*** Opening Provided records ***

//! The rows of a table, one after another.

use crate::laws::cells_and_headers;
use crate::placed_header::PlacedHeader;
use crate::row::RowView;
use crate::walking::next_row;
use std::marker::Model;
use vpf_base::limits::MOST_ROWS;
use vpf_findings::value::laws::spelled_fits;

/// The rows that are left. Contracts see it as the list of them.
#[derive(Drop)]
pub struct Rows<'t, 'a> {
    header: &'t PlacedHeader<'a>,
    bytes: &'a [u8],
    at: usize,
    width: Option<usize>,
    left: u32,
}

impl<'t, 'a> Model for Rows<'t, 'a> {
    ghost use Rattle.std.specs.Prelude.{List};
    ghost use Rattle.vpf_table.specs.Grid.{Row};

    ghost Value = { List Row };

    ghost use Rattle.vpf_table.specs.Inner.RowsLeft.{rows_left, AreRowsRead};

    ghost view = { rows_left };

    ghost invariant = { AreRowsRead };
}

impl<'t, 'a> Rows<'t, 'a> {
    ghost use Rattle.std.specs.Prelude.{◌≡◌, ◌≤◌, All, IsOk, IfSome, Some, length};
    ghost use Rattle.vpf_table.specs.Canonical.{FitsRow};
    ghost use Rattle.vpf_base.specs.Limits.{most_rows};
    ghost use Rattle.vpf_table.specs.Reading.{rows_at};
    ghost use Rattle.vpf_table.specs.Walking.{rows_of};
    ghost use Rattle.vpf_table.specs.Inner.Widths.{width_of};

    /// The rows from `at` on, which are known to be spelled.
    pub(crate) fn new(
        header: &'t PlacedHeader<'a>,
        bytes: &'a [u8],
        at: usize,
        width: Option<usize>,
    ) -> Rows<'t, 'a>
        requires read { IsOk (rows_at most_rows header.now.order header.now.columns bytes.now at) }
        requires inside { at ≤ length bytes.now }
        requires fixed { IfSome width (λ w. width_of header.now.columns ≡ Some w) }
        ensures rows { result ≡ rows_of (rows_at most_rows header.now.order header.now.columns bytes.now at) }
        ensures width { All (λ row. length row ≡ length header.now.columns) result }
        ensures fits { All (FitsRow header.now.columns) result }
    {
        cells_and_headers();
        spelled_fits();
        let _columns = header.len();
        Rows {
            header,
            bytes,
            at,
            width,
            left: MOST_ROWS,
        }
    }
}

impl<'t, 'a> Iterator for Rows<'t, 'a> {
    ghost use Rattle.std.specs.Iterator.{YieldsFirst, item_count};

    type Item = RowView<'t, 'a>;

    ghost next_gives = { YieldsFirst (λ s. s) };

    ghost remaining = { item_count (λ s. s) };

    fn next(&mut self) -> Option<RowView<'t, 'a>> {
        if self.at >= self.bytes.len() {
            return None;
        }
        let at = self.at;
        let past = next_row(self.header, self.bytes, at, self.width);
        let row = RowView::new(self.header, self.bytes, at);
        self.at = past;
        self.left -= 1;
        Some(row)
    }
}
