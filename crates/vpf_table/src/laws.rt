//! Laws about the definitions of tables alone.

ghost use Rattle.std.specs.Prelude.{◌≡◌, ◌<◌, ◌+◌, ◌^◌, ℕ, All, List, Option, IfSome, Ok, Err, Some, length, slice_get, slice_range};
ghost use Rattle.vpf_base.specs.Bytes.{IsBytes};
ghost use Rattle.vpf_base.specs.declared.orders.Order.{Order};
ghost use Rattle.vpf_triplet.specs.declared.places.Place.{Place};
ghost use Rattle.vpf_varindex.specs.RowIndex.{row_index, HasSpan};
ghost use Rattle.vpf_table.specs.Grid.{Grid, Row};
ghost use Rattle.vpf_head.specs.Head.{Col};
ghost use Rattle.vpf_table.specs.Canonical.{IsSmall, IsWritable, canonical_table, canonical_spans, canonical_index, in_order, rows_text};
ghost use Rattle.vpf_table.specs.Inner.Widths.{width_of};
ghost use Rattle.vpf_table.specs.Reading.{table_of};
ghost use Rattle.vpf_table.specs.Spelling.{IsRow, IsRows, IsTable};
ghost use Rattle.vpf_table.specs.Inner.Deciding.{Decides};
ghost use Rattle.vpf_table.specs.Faults.{FirstFault};
ghost use Rattle.vpf_table.specs.Opening.{opened_of, row_spans};
ghost use Rattle.vpf_table.specs.Spans.{IsOpened};
ghost use Rattle.vpf_table.specs.Inner.Lower.{CellAndHeaderLaws, IndexLaws};

use vpf_findings::value::laws as cells;
use vpf_head::laws as headers;
use vpf_varindex::laws as indexes;

/// The laws of cells and headers, together.
pub(crate) fn cells_and_headers()
    ensures { CellAndHeaderLaws }
{
    cells::spelled_is_read();
    cells::read_is_spelled();
    cells::cells_have_room();
    cells::refusals_are_first_faults();
    headers::spelled_is_read();
    headers::read_is_spelled();
    headers::read_headers_are_sound();
    headers::refusals_are_first_faults();
}

/// The laws of variable-length indexes, together.
fn laws_of_indexes()
    ensures { IndexLaws }
{
    indexes::spelled_is_read();
    indexes::read_is_spelled();
    indexes::written_is_read();
    indexes::refusals_are_first_faults();
}

/// Each list of bytes is the spelling of exactly one table, with its own index where one is given, or has exactly one first
/// fault, and never both.
pub fn tables_decide()
    ensures { (bytes : List ℕ) (index : Option (List ℕ)) → IsBytes bytes → IfSome index IsBytes → Decides bytes index }
{
    cells_and_headers();
    laws_of_indexes();
}

/// What is spelled as a table is read as that table.
pub fn spelled_is_read()
    ensures { (bytes : List ℕ) (g : Grid) → IsTable g bytes → table_of bytes ≡ Ok g }
{
    cells_and_headers();
}

/// What is read as a table is spelled so.
pub fn read_is_spelled()
    ensures { (bytes : List ℕ) (g : Grid) → IsBytes bytes → table_of bytes ≡ Ok g → IsTable g bytes }
{
    cells_and_headers();
}

/// What is read as a table can be written, in either order.
pub fn read_is_writable()
    ensures { (bytes : List ℕ) (g : Grid) (order : Order) → IsBytes bytes → table_of bytes ≡ Ok g → IsWritable (in_order order g) }
{
    cells_and_headers();
    cells::spelled_fits();
    headers::sound_headers_stay_sound();
}

/// The canonical table of a header and rows that are few enough is spelled so, and is read as that table. Its rows lie where
/// its canonical index tells, and it is opened with that index.
pub fn canonical_is_read()
    ensures spelled { (g : Grid) → IsWritable g → IsSmall g → IsTable g (canonical_table g) }
    ensures read_again { (g : Grid) → IsWritable g → IsSmall g → table_of (canonical_table g) ≡ Ok g }
    ensures spans { (g : Grid) → IsWritable g → IsSmall g → row_spans (canonical_table g) g ≡ canonical_spans g }
    ensures opened_again { (g : Grid) → IsWritable g → IsSmall g → opened_of (canonical_table g) (canonical_index g) ≡ Ok g }
{
    own_index_is_taken();
    cells_and_headers();
    cells::fitting_is_written();
    headers::canonical_is_read();
}

/// Rows of one width have no spelling but the canonical one.
pub fn fixed_rows_are_canonical()
    ensures { (order : Order) (columns : List Col) (rows : List Row) (bytes : List ℕ) (width : ℕ) → width_of columns ≡ Some width
        → IsRows order columns rows bytes → bytes ≡ rows_text order columns rows }
{
    cells::fitting_is_written();
}

/// The place where a table is refused, or the index that is given with it, is the first fault, and only that one: the parts
/// before it are spelled, and the next part is refused there by the first of its rules that applies.
pub fn refusals_are_first_faults()
    ensures only { (bytes : List ℕ) (index : Option (List ℕ)) (place : Place) → IsBytes bytes → IfSome index IsBytes → opened_of bytes index ≡ Err place
        → FirstFault bytes index place }
    ensures each { (bytes : List ℕ) (index : Option (List ℕ)) (place : Place) → FirstFault bytes index place → opened_of bytes index ≡ Err place }
{
    cells_and_headers();
    laws_of_indexes();
}

/// What is spelled as a table, with its own index where one is given, is opened as that table.
pub fn spelled_is_opened()
    ensures { (bytes : List ℕ) (index : Option (List ℕ)) (g : Grid) → IsOpened g bytes index → opened_of bytes index ≡ Ok g }
{
    cells_and_headers();
    laws_of_indexes();
}

/// What is opened as a table, with its index where one is given, is spelled so.
pub fn opened_is_spelled()
    ensures { (bytes : List ℕ) (index : Option (List ℕ)) (g : Grid) → IsBytes bytes → IfSome index IsBytes → opened_of bytes index ≡ Ok g
        → IsOpened g bytes index }
{
    cells_and_headers();
    laws_of_indexes();
}

/// What is opened as a table, with an index or without, is read as that table.
pub fn opened_is_read()
    ensures { (bytes : List ℕ) (index : Option (List ℕ)) (g : Grid) → opened_of bytes index ≡ Ok g → table_of bytes ≡ Ok g }
{}

/// Each row of a table has an offset and a length, and the bytes that lie there spell it.
pub fn rows_lie_at_their_spans()
    ensures each { (bytes : List ℕ) (g : Grid) → length (row_spans bytes g) ≡ length g.rows }
    ensures spelled { (bytes : List ℕ) (g : Grid) (k : ℕ) (row : Row) (span : ℕ × ℕ) → IsBytes bytes → table_of bytes ≡ Ok g
        → slice_get g.rows k ≡ Some row → slice_get (row_spans bytes g) k ≡ Some span
        → IsRow g.head.order g.head.columns row (slice_range bytes span.0 (span.0 + span.1)) }
{
    cells_and_headers();
}

/// The index that is written for the offsets and lengths of a table's rows is taken as its own, whatever its second number.
/// In a table of fewer than 2^32 bytes each fits its entry.
pub fn own_index_is_taken()
    ensures taken { (bytes : List ℕ) (g : Grid) (second : ℕ) → table_of bytes ≡ Ok g → All HasSpan (row_spans bytes g)
        → opened_of bytes (Some (row_index g.head.order second (row_spans bytes g))) ≡ Ok g }
    ensures small { (bytes : List ℕ) (g : Grid) → IsBytes bytes → table_of bytes ≡ Ok g → length bytes < 2 ^ 32 → All HasSpan (row_spans bytes g) }
{
    cells_and_headers();
    laws_of_indexes();
}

*** Closing Provided records ***

Task item => Whenever a line in the entries holds the word "AreRowsRead", copy that line.

Exercise solution =>
    ghost use Rattle.vpf_table.specs.Inner.RowsLeft.{rows_left, AreRowsRead};
    ghost invariant = { AreRowsRead };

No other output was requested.